■ **ACTIVITY**
Your answer must be every line of the data below that holds the string "squares", copied exactly.
START DATA PROVIDED
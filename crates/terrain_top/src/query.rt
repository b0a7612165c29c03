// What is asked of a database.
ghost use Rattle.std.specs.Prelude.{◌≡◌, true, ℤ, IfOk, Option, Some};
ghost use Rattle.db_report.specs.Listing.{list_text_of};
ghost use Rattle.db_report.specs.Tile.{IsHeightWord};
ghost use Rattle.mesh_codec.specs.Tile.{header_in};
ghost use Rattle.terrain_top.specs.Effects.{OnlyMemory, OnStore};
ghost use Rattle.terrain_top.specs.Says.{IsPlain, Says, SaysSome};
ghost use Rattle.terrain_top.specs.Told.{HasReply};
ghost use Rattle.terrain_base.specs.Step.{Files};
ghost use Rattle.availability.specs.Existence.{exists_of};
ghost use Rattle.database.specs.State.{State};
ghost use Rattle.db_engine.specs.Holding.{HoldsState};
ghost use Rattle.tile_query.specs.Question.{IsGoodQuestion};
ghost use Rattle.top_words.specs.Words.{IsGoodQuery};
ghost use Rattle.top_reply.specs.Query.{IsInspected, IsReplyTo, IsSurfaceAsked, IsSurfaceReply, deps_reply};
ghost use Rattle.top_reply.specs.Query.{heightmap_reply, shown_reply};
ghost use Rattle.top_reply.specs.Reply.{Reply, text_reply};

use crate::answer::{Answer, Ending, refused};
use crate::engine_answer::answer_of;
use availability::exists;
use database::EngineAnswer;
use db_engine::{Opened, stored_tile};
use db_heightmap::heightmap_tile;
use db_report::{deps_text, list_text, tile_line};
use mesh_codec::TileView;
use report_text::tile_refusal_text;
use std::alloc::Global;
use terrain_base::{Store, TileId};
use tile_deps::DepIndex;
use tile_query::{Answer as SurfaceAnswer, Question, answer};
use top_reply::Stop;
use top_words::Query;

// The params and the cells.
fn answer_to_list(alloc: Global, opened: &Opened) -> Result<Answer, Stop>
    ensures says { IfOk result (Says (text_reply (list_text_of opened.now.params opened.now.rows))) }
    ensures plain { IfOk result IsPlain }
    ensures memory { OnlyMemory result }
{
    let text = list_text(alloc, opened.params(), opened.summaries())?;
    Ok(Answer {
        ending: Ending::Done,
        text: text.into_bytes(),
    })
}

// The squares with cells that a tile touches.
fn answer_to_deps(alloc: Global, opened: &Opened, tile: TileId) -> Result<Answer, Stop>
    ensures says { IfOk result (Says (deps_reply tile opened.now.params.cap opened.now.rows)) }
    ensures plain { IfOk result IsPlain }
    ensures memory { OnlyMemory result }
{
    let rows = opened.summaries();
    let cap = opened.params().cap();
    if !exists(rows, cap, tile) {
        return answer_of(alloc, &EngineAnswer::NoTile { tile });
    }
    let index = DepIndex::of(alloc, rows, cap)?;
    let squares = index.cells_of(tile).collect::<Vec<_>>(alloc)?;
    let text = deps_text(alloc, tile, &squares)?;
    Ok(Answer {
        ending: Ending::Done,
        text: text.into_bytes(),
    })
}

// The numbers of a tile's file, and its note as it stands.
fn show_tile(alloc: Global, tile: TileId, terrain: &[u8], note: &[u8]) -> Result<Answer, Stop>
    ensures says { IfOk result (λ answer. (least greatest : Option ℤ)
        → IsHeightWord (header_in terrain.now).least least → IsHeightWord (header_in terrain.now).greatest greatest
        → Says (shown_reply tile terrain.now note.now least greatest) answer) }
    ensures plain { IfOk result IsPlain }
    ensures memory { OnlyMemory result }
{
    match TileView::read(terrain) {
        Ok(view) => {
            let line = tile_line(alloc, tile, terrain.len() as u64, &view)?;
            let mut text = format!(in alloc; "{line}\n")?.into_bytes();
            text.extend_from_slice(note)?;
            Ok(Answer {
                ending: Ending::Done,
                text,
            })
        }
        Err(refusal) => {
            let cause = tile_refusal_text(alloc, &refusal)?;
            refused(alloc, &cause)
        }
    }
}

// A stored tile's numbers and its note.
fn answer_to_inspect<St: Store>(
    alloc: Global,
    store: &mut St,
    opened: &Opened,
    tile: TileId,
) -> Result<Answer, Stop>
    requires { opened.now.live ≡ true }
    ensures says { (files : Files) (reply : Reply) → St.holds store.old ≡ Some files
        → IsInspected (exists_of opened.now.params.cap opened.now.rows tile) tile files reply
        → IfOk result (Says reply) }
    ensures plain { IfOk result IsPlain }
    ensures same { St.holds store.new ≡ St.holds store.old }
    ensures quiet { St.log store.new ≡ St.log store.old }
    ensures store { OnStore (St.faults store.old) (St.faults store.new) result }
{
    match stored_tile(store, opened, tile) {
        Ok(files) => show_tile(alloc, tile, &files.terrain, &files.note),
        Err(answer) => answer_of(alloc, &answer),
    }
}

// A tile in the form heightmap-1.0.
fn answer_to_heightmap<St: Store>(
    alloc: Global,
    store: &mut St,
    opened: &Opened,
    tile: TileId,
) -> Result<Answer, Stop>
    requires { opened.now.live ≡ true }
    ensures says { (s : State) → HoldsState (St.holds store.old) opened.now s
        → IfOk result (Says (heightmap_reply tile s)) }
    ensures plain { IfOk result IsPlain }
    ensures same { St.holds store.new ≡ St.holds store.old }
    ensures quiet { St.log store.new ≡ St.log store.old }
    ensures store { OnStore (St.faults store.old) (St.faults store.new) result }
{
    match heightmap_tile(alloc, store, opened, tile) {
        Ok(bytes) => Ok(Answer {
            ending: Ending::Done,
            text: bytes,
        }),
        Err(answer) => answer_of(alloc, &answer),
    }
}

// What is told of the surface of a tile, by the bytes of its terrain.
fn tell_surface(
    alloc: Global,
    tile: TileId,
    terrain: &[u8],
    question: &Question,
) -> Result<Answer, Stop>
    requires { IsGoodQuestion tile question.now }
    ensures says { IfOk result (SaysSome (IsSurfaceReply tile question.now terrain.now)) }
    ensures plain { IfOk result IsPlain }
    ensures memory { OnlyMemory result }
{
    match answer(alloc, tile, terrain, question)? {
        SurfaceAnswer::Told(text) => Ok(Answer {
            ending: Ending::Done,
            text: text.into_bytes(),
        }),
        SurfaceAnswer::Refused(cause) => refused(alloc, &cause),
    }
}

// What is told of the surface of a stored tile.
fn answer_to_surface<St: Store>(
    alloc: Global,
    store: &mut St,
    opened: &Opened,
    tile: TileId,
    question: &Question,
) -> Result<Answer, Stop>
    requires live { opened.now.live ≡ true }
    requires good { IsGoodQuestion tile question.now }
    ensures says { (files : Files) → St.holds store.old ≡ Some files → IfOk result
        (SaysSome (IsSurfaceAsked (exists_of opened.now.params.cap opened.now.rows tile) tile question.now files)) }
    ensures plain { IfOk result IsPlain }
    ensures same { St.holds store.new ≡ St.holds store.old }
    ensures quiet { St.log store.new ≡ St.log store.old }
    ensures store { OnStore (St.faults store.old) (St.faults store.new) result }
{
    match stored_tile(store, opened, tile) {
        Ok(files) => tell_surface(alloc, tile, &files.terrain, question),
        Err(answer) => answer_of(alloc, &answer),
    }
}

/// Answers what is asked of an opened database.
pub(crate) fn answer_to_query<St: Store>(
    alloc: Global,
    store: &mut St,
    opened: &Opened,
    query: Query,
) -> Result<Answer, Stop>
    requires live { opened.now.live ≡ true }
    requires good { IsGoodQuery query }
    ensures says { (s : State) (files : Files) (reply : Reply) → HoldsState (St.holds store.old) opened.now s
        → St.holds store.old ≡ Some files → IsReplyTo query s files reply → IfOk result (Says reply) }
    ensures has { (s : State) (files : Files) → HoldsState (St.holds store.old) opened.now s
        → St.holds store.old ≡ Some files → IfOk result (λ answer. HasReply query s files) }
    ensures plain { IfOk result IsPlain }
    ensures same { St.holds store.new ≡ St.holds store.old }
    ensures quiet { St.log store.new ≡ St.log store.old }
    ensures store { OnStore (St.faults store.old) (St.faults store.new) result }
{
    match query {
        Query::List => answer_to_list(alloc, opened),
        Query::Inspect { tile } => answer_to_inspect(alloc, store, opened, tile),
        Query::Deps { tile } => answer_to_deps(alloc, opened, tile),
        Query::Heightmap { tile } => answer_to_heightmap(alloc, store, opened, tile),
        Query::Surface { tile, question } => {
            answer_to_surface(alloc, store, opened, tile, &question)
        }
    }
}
END DATA PROVIDED
■ **EXERCISE ANSWER**
// The squares with cells that a tile touches.
    let squares = index.cells_of(tile).collect::<Vec<_>>(alloc)?;
    let text = deps_text(alloc, tile, &squares)?;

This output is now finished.